Bring questions! There's always scenarios that I appreciate being asked about! 
C'mon... lets see the ins...


----------



## Cloverleaf Firearms Group

I'm working, but trying to pull a swap... I'll be tender from sim instructor school @ spa... so be gentle ladies.


----------



## visible25

Pvt. Cowboy said:


> So lets go kids.


If I recall correctly I was the youngest there last time, and would 100% do it again if I wasn't so far away. But if you decide to do more around the end of Dec/January count me in!


----------



## wwonka

I'm in.


----------



## Pvt. Cowboy

Not everyone at once... 

Another class for the donut. Free training boys and girls. 

Complacency kills. Let's see some more ins!!


----------



## carodo

I'm in I'm in!!!!


----------



## Irishpride

Count me in if I'm not working


Sent from my iPhone using Tapatalk


----------



## TripleSeven

I'm in!


----------



## Pvt. Cowboy

Total head count is around 14 right now, give or take. Max class size will be 30 (need even numbers) so reserve your spots boys and girls. I posted 5 days ago and it's almost halfway there...

Edit: head count today sits at 20. 

Hurry up kids. It's first come first serve!


----------



## Irishpride

Confirmed in.
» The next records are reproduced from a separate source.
impl Queue {
    /// Makes a queue with this handle from its first step, a new one or a running one. Of a running one, steps for its flows and
    /// waiting packets follow.
    #[inline(never)]
    #[tactic(auto, unfolding(crate::specs::Queue::opened))]
    pub(crate) fn open(alloc: Global, handle: u32, step: &Step) -> Result<Queue, AllocError>
        ensures { IfOk result (λ queue. queue ≡ opened handle step.now) }
    {
        Ok(Queue {
            numbers: resumed(first_numbers(handle, step), step),
            flows: first_flows(alloc, step)?,
            has_ended: false,
        })
    }

    /// Decides a step again. Adds the packets that a change or a reset dropped to `lost`.
    pub(crate) fn step(
        &mut self,
        step: &Step,
        lost: &mut Vec<DecidedPacket>,
    ) -> Result<Decision, AllocError>
        ensures made { IfOk result (λ decision. stepped step.now.kind self.old step.now ≡ record { queue = self.new; decision = decision }) }
        ensures lost { OnOk result (lost.new.items ≡ lost.old.items ++ dropped_by step.now.kind self.old step.now) }
    {
        match step.kind {
            Kind::Enqueue | Kind::Update | Kind::Flow => self.step_flow(step),
            Kind::Dequeue => {
                self.drop_departing(step, lost)?;
                self.step_flow(step)
            }
            Kind::Wait => self.resume_packet(step),
            Kind::Timer => Ok(Decision::other(self.numbers.begin_round(step))),
            Kind::Change => self.change(step, lost),
            Kind::Reset => self.reset(step, lost),
            Kind::Destroy => Ok(self.destroy(step)),
            Kind::Init | Kind::Resume | Kind::Empty => Ok(Decision::other(None)),
        }
    }

    /// Decides a step of a flow again, if there is such a flow.
    fn step_flow(&mut self, step: &Step) -> Result<Decision, AllocError>
        ensures { IfOk result (λ decision. flow_stepped self.old step.now ≡ record { queue = self.new; decision = decision }) }
    {
        let place = self.place(step);
        match self.flows.get_mut(place) {
            Some(flow) => flow.step(&mut self.numbers, step),
            None => Ok(Decision::other(no_flow(step))),
        }
    }

    /// Takes over a waiting packet of a running queue.
    #[tactic(auto, unfolding(crate::specs::Queue::waiting_resumed))]
    fn resume_packet(&mut self, step: &Step) -> Result<Decision, AllocError>
        ensures { IfOk result (λ decision. waiting_resumed self.old step.now ≡ record { queue = self.new; decision = decision }) }
    {
        if step.x0 != 0 {
            return Ok(Decision::other(None));
        }
        self.numbers.add(&waiting_of(step));
        self.step_flow(step)
    }

    /// Returns the place of the flow of a step: the recorded one, or the one that its priority or its hash chooses.
    fn place(&self, step: &Step) -> usize
        ensures { result ≡ place_of self.now step.now }
    {
        if !self.numbers.has_flows {
            return 0;
        }
        match step.flow {
            Some(flow) => flow as usize,
            None => self.numbers.flow_chosen(step.priority, step.hash) as usize,
        }
    }

    /// Returns the numbers of the queue and of the flow of a step, if there is such a flow.
    #[tactic(auto, unfolding(crate::specs::Decided::numbers_at))]
    pub(crate) fn numbers_at(&self, step: &Step) -> Option<StepNumbers>
        ensures { result ≡ numbers_at self.now step.now }
    {
        let place = self.place(step);
        let flow = self.flows.get(place)?;
        Some(StepNumbers {
            place: place.min(u32::MAX as usize) as u32,
            params: self.numbers.params,
            state: flow.numbers.state,
            packets: self.numbers.length,
            bytes: self.numbers.bytes,
            since: match flow.waiting.front() {
                Some(first) => first.moment,
                None => 0,
            },
        })
    }

    /// Adds the first packet of the flow of a departure to `lost`, if a change of the limit drops it.
    #[tactic(auto, unfolding(crate::specs::Queue::dropped_by_departure))]
    fn drop_departing(&self, step: &Step, lost: &mut Vec<DecidedPacket>) -> Result<(), AllocError>
        ensures { OnOk result (lost.new.items ≡ lost.old.items ++ dropped_by_departure self.now step.now) }
    {
        if !step.is_drop {
            return Ok(());
        }
        match self.flows.get(self.place(step)) {
            Some(flow) => flow.first_dropped(&self.numbers, lost),
            None => Ok(()),
        }
    }

    /// Ends the queue.
    #[tactic(auto, unfolding(crate::specs::Queue::destroyed))]
    fn destroy(&mut self, step: &Step) -> Decision
        ensures { destroyed self.old step.now ≡ record { queue = self.new; decision = result } }
    {
        self.has_ended = true;
        match self.flows.first() {
            Some(flow) => {
                let right = right_destroy(&self.numbers, &flow.numbers.state, step);
                Decision::other(step_difference(step, &right))
            }
            None => Decision::other(None),
        }
    }

    /// Changes the parameters, and drops pie's packets above a lower limit. Adds them to `lost`.
    #[tactic(auto, unfolding(crate::specs::Queue::change, crate::specs::Queue::dropped_by_change))]
    fn change(&mut self, step: &Step, lost: &mut Vec<DecidedPacket>) -> Result<Decision, AllocError>
        ensures made { IfOk result (λ decision. change self.old step.now ≡ record { queue = self.new; decision = decision }) }
        ensures lost { OnOk result (lost.new.items ≡ lost.old.items ++ dropped_by_change self.old step.now) }
    {
        let was = self.numbers;
        let count = self.numbers.change(step);
        let Some(flow) = self.flows.get_mut(0) else {
            return Ok(Decision::other(None));
        };
        flow.shorten(&mut self.numbers, count, lost)?;
        let right = right_change(&self.numbers, &was, &flow.numbers.state, step);
        Ok(Decision::other(step_difference(step, &right)))
    }

    /// Resets the queue (`pie_reset`, `fq_pie_reset`): all packets are dropped, and the flows keep the numbers that a reset does
    /// not change. fq_pie's memory is unchanged. Adds the packets to `lost`.
    #[tactic(auto, unfolding(crate::specs::Queue::reset, crate::specs::Queue::dropped_by_reset))]
    fn reset(&mut self, step: &Step, lost: &mut Vec<DecidedPacket>) -> Result<Decision, AllocError>
        ensures made { IfOk result (λ decision. reset self.old step.now ≡ record { queue = self.new; decision = decision }) }
        ensures lost { OnOk result (lost.new.items ≡ lost.old.items ++ dropped_by_reset self.old) }
    {
        let was = self.numbers;
        empty_flows(&mut self.flows, &was, lost)?;
        self.numbers.length = 0;
        self.numbers.bytes = 0;
        let difference = match self.flows.first() {
            Some(flow) => step_difference(step, &right_reset(&was, &flow.numbers.state, step)),
            None => None,
        };
        Ok(Decision::other(difference))
    }
}

/// Drops the first `count` packets of a flow one after another. Adds them to `lost`.
fn drop_first(
    waiting: &mut VecDeque<Waiting>,
    flow: &mut FlowNumbers,
    queue: &mut QueueNumbers,
    count: u32,
    lost: &mut Vec<DecidedPacket>,
) -> Result<(), AllocError>
    ensures waiting { OnOk result (waiting.new.items ≡ drop count waiting.old.items) }
    ensures flow { OnOk result (flow.new ≡ shortened_flow flow.old waiting.old.items count) }
    ensures queue { OnOk result (queue.new ≡ shortened_queue queue.old waiting.old.items count) }
    ensures lost { OnOk result (lost.new.items
        ≡ lost.old.items ++ dropped_in_turn Change queue.old flow.old (take count waiting.old.items)) }
{
    for before in 0..count {
        let Some(packet) = waiting.pop_front() else {
            return Ok(());
        };
        lost.push(dropped(Fate::Change, queue, flow, &packet))?;
        queue.remove(flow, &packet);
    }
    Ok(())
}

/// Drops all packets of a flow. Adds them to `lost`.
fn drop_all(
    waiting: &mut VecDeque<Waiting>,
    flow: &FlowNumbers,
    queue: &QueueNumbers,
    lost: &mut Vec<DecidedPacket>,
) -> Result<(), AllocError>
    ensures waiting { OnOk result (waiting.new.items ≡ []) }
    ensures lost { OnOk result (lost.new.items ≡ lost.old.items ++ map (dropped Reset queue.now flow.now) waiting.old.items) }
{
    'packets: while let Some(packet) = waiting.pop_front() {
        lost.push(dropped(Fate::Reset, queue, flow, &packet))?;
    }
    Ok(())
}

/// Resets each flow. Adds its packets to `lost`.
fn empty_flows(
    flows: &mut Vec<Flow>,
    queue: &QueueNumbers,
    lost: &mut Vec<DecidedPacket>,
) -> Result<(), AllocError>
    ensures flows { OnOk result (flows.new.items ≡ map (emptied_flow queue.now.has_flows) flows.old.items) }
    ensures lost { OnOk result (lost.new.items ≡ lost.old.items ++ flat_map (dropped_of queue.now) flows.old.items) }
{
    for place in 0..flows.len() {
        flows[place].empty(queue, lost)?;
    }
    Ok(())
}

/// Returns the packet that a change or a reset dropped.
fn dropped(fate: Fate, queue: &QueueNumbers, flow: &FlowNumbers, waiting: &Waiting) -> DecidedPacket
    ensures { result ≡ dropped fate queue.now flow.now waiting.now }
{
    DecidedPacket {
        bytes: waiting.length,
        fate,
        state: flow.state,
        length: queue.length,
        backlog: queue.bytes,
        limit: queue.params.limit,
    }
}

/// Returns the difference of a step of a flow that does not exist. A row of a running queue has none.
fn no_flow(step: &Step) -> Option<Difference>
    ensures { result ≡ no_flow step.now }
{
    if step.kind.is_part() {
        return None;
    }
    Some(Difference {
        column: FLOW,
        recorded: flow_number(step.flow),
        right: 0,
    })
}

/// Compares the first step of a queue with that of a new queue, or of a running one.
pub(crate) fn opening_difference(step: &Step) -> Option<Difference>
    ensures { result ≡ opening_difference step.now }
{
    step_difference(step, &right_opening(step))
}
I'm on a day off 


Sent from my iPhone using Tapatalk


----------



## Pvt. Cowboy

Since we're coming into the colder seasons, I'll ask that everyone bring something like their patrol jackets, or a zip up style hoodie. We won't be training a lot in these because it would get a little warm, but I'll be using them to demonstrate some points.


----------



## Killjoy

Any idea on date and time?


----------



## Pvt. Cowboy

Killjoy said:


> Any idea on date and time?


Ahem... Post #5. 

November 13th @ 6pm. 
Chocksett Middle School
Sterling MA


----------



## Pvt. Cowboy

One week from today boys and girls. Just a friendly reminder! 
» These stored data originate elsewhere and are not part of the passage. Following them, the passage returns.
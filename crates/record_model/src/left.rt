// What RULE_INIT leaves.

ghost use Rattle.std.specs.Prelude.{◌≡◌};
ghost use Rattle.record_model.specs.Init.{nothing_left};

use px_bytes::Texts;
use std::alloc::Global;
use tcl_vars::Vars;

/// What was left so far: the variables, and the lines that were logged.
#[derive(Drop)]
pub struct Left {
    pub vars: Vars,
    pub lines: Texts,
}

impl Left {
    pub fn new(alloc: Global) -> Left
        ensures { result ≡ nothing_left }
    {
        Left {
            vars: Vars::new(alloc),
            lines: Texts::new(alloc),
        }
    }
}
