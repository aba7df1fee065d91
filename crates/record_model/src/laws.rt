// What holds of the bodies that run, of the static variables, and of the session table.

ghost use Rattle.record_model.specs.History.{HistoryIsLive};
ghost use Rattle.record_model.specs.Laws.{BodiesRunInOrder, RowsAreFew, StaticsStay};

/// The bodies of rules run at an event each once, by their priorities, and those of one priority in
/// the order of the rules and of their places.
pub fn bodies_run_in_order()
    ensures { BodiesRunInOrder }
{}

/// A connection sees the static variables that RULE_INIT left, for ever.
pub fn statics_stay()
    ensures { StaticsStay }
{}

/// The session table behind a past has at most the configuration's `rows`.
pub fn rows_are_few()
    ensures { RowsAreFew }
{}

/// All rows and records of the store behind a history are live at the moment of the last Tick.
pub fn history_is_live()
    ensures { HistoryIsLive }
{}
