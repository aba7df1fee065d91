//! Laws of the second text.
#![tactic(auto)]

mod laws;

pub use laws::printed_is_read_back;
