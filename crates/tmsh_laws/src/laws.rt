// What is printed is read back.

ghost use Rattle.tmsh_laws.specs.ReadBack.{PrintedIsReadBack};

/// The second text of a configuration is read back as the same configuration.
pub fn printed_is_read_back()
    ensures { PrintedIsReadBack }
{}
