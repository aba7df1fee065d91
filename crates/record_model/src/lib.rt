//! What a record of a proxy's events and notes says: the definitions, and laws of them.
#![tactic(auto)]

mod laws;
mod left;

pub use laws::{bodies_run_in_order, history_is_live, rows_are_few, statics_stay};
pub use left::Left;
Some slight pain may or may not be involved... And someone may or may not be put to sleep  but in the grand scheme of things, you'll learn a lot and have a great time! 

Looking forward to some new faces next week too!


----------



## wwonka

Is it full?


----------



## Pvt. Cowboy

wwonka said:


> Is it full?


Nope, we have about 18-20 going. Plus there's always some that bail at the last second.


----------



## Cloverleaf Firearms Group

I'm still up in air on getting out of work bro. I'm solving it as fast as I can


----------



## Pvt. Cowboy

For the attendees... If I haven't mentioned it yet, bring a hoodie. There's a few specific scenarios that I want to cover ESPECIALLY going into the winter. 
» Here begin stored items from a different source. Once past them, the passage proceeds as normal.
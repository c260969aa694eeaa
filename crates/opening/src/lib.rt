// Opening a sealed PDU against the record of the numbers last accepted.
#![tactic(auto)]

ghost use Rattle.std.specs.Prelude.{◌≡◌, not, cond, ◌-◌, ◌≤◌, eqb, ltb, length, take, drop};
ghost use Rattle.octets.specs.Numbers.{◌gives◌, ◌or_else◌};
ghost use Rattle.octets.specs.Octets.{over};
ghost use Rattle.ctr.specs.Ctr.{stream, added};
ghost use Rattle.pdu.specs.Header.{header_of, source_of};
ghost use Rattle.sources.specs.Sources.{source_fault, memory_accepted};
ghost use Rattle.verify.specs.Verify.{plain_length, genuine_under};
ghost use Rattle.opening.specs.Opening.{sealed_fault, numbered_as, keyless_fault, open_written, open_output, memory_after_opening};

use message::Key;
use pdu::{Header, Written};

// The message number of a sealed PDU, or why there is none.
#[repr(C)]
#[derive(Clone, Copy)]
pub struct Numbered {
    pub number: u8,
    pub message: u32,
}

// The first thing that keeps bytes from being a sealed PDU: 1 to 6, 80, 81, or 0.
// Kept, here and in the two below: the documents number the refusals and C answers the number, so a `Result` would be turned back into one.
fn sealed_fault(pdu: &[u8]) -> u8
    ensures { result ≡ sealed_fault pdu.now }
{
    let reading = pdu::fault(pdu);
    if reading != 0 {
        return reading;
    }
    let header = pdu::header_of(pdu);
    if !header.encrypted {
        return 80;
    }
    if usize::from(header.payload_length) < Key::ADDED_LENGTH {
        81
    } else {
        0
    }
}

// The message number of the sealed PDU at the start of `pdu`, which lies in clear: 0 and the number, or 1 to 6, 80 or 81 and 0. Document 000, 3.5.3.
pub fn message_number(pdu: &[u8]) -> Numbered
    ensures { result ≡ numbered_as pdu.now }
{
    let wrong = sealed_fault(pdu);
    if wrong != 0 {
        return Numbered {
            number: wrong,
            message: 0,
        };
    }
    let header = pdu::header_of(pdu);
    let message = message::number_in(pdu::parts::payload(pdu, header));
    Numbered { number: 0, message }
}

// The first thing that keeps the PDU from being opened whatever the key is: 1 to 6, 80, 81, 82, or 0.
fn keyless_fault(memory: &[u32; sources::MEMORY], pdu: &[u8]) -> u8
    ensures { result ≡ keyless_fault memory.now pdu.now }
{
    let early = sealed_fault(pdu);
    if early != 0 {
        return early;
    }
    let header = pdu::header_of(pdu);
    let number = message::number_in(pdu::parts::payload(pdu, header));
    sources::number_fault(memory, header.source, number)
}

// What is refused once the key is used: 83, 84, 87, or 0.
fn keyed_fault(
    keys: &[u8; 176],
    memory: &[u32; sources::MEMORY],
    pdu: &[u8],
    header: Header,
    room: usize,
) -> u8
    requires { header ≡ header_of pdu.now }
    ensures { result ≡ (not (genuine_under keys.now pdu.now) gives 83
        or_else source_fault (source_of pdu.now) memory.now
        or_else ltb room (plain_length pdu.now) gives 87) }
{
    if !verify::is_genuine(keys, pdu) {
        return 83;
    }
    let full = sources::source_fault(memory, header.source);
    if full != 0 {
        return full;
    }
    if room < message::plain_length(header) {
        87
    } else {
        0
    }
}

// Puts the plain payload at the start of the output, and answers its length.
fn put_plain(keys: &[u8; 176], nonce: [u8; 5], sealed: &[u8], output: &mut [u8]) -> usize
    requires { (7 ≤ length sealed.now) × (length sealed.now - 7 ≤ length output.old) }
    ensures { (result ≡ length sealed.now - 7) × (output.new
        ≡ over (added (stream keys.now nonce) 0 (take (length sealed.now - 7) (drop 3 sealed.now))) output.old) }
{
    let size = sealed.len() - Key::ADDED_LENGTH;
    octets::put(output, 0, octets::part(sealed, 3, size));
    ctr::add_stream(keys, nonce, 0, &mut output[0..size]);
    size
}

// Opens, as `open` does, a PDU that nothing refuses before the key is used. By itself, so that the expanded key lies on the stack once and not twice.
fn open_with_key(
    key: [u8; 16],
    memory: &mut [u32; sources::MEMORY],
    pdu: &[u8],
    output: &mut [u8],
) -> Written
    requires { keyless_fault memory.old pdu.now ≡ 0 }
    ensures { (result ≡ open_written key memory.old pdu.now (length output.old))
        × (output.new ≡ open_output key memory.old pdu.now output.old)
        × (memory.new ≡ memory_after_opening key memory.old pdu.now (length output.old)) }
{
    let keys = aes::expand(key);
    let header = pdu::header_of(pdu);
    let late = keyed_fault(&keys, memory, pdu, header, output.len());
    if late != 0 {
        return message::refused(late);
    }
    let sealed = pdu::parts::payload(pdu, header);
    let number = message::number_in(sealed);
    let nonce = message::nonce(header.source, number);
    let length = put_plain(&keys, nonce, sealed, output);
    sources::accept(memory, header.source, number);
    Written { number: 0, length }
}

// Opens the sealed PDU at the start of `pdu` under a key, against the record in `memory`: writes the plain payload at the start of the output, notes
// the message number as the last accepted from the source, and answers 0 and the payload's length. Answers 1 to 6 where there is no PDU, 80 where it is
// not encrypted, 81 where its payload is too short for number and hash, 82 where the number is not greater than the last accepted from the source, 83
// where the hash differs, 84 where the source is new and 64 are held, and 87 where the output is too short; each with length 0, output and record
// as they were. Output past the payload keeps its bytes. Document 02, W-212; document 000, 3.5.3.
pub fn open(
    key: [u8; 16],
    memory: &mut [u32; sources::MEMORY],
    pdu: &[u8],
    output: &mut [u8],
) -> Written
    ensures { (result ≡ open_written key memory.old pdu.now (length output.old))
        × (output.new ≡ open_output key memory.old pdu.now output.old)
        × (memory.new ≡ memory_after_opening key memory.old pdu.now (length output.old)) }
{
    let early = keyless_fault(memory, pdu);
    if early != 0 {
        return message::refused(early);
    }
    open_with_key(key, memory, pdu, output)
}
See what I'm saying Wonka? There's always a few that bail last minute *COUGH*CFG*COUGH...


----------



## Pvt. Cowboy

Bump for tomorrow night. 

Don't be complacent...


----------



## Pvt. Cowboy

Final reminder for tonight... I have some very sneaky tricks to show...


----------



## CapeSpecial

Damn, wish I checked this part of the forum more often. I'll be there next time!


----------



## Goose

CapeSpecial said:


> Damn, wish I checked this part of the forum more often. I'll be there next time!


Excuses have a maximum effective range of zero meters.

It's a sticky and shows up under New Posts every time someone says something, and there's two pages of posts. Get with the program.


----------



## Pvt. Cowboy

Goose said:


> Excuses have a maximum effective range of zero meters.


And boyyyy did I get plenty... 

Let's just say that's the last one I'll be doing for a while.

Those that attended got lots of attention/refinement towards technique and gained some new tricks for the toolbox.

I'm sure some coworkers had some sore necks within the following days...


----------



## Goose

Pvt. Cowboy said:


> I'm sure some coworkers had some sore necks within the following days...


I think you left yourself wide open for that one bro.

Sent from my flux capacitor using 1.21 gigawatts!


----------



## LA Copper

Pvt. Cowboy said:


> And boyyyy did I get plenty...
> 
> Let's just say that's the last one I'll be doing for a while.


I can relate Cowboy, same thing happened to me when I offered up some training back there a few years ago. I wonder what's up with that?


----------



## Goose

LA Copper said:


> I can relate Cowboy, same thing happened to me when I offered up some training back there a few years ago. I wonder what's up with that?


I had everyone bail on a meet and greet last year. I won't be trying to arrange another one of those either. 

Sent from my flux capacitor using 1.21 gigawatts!


----------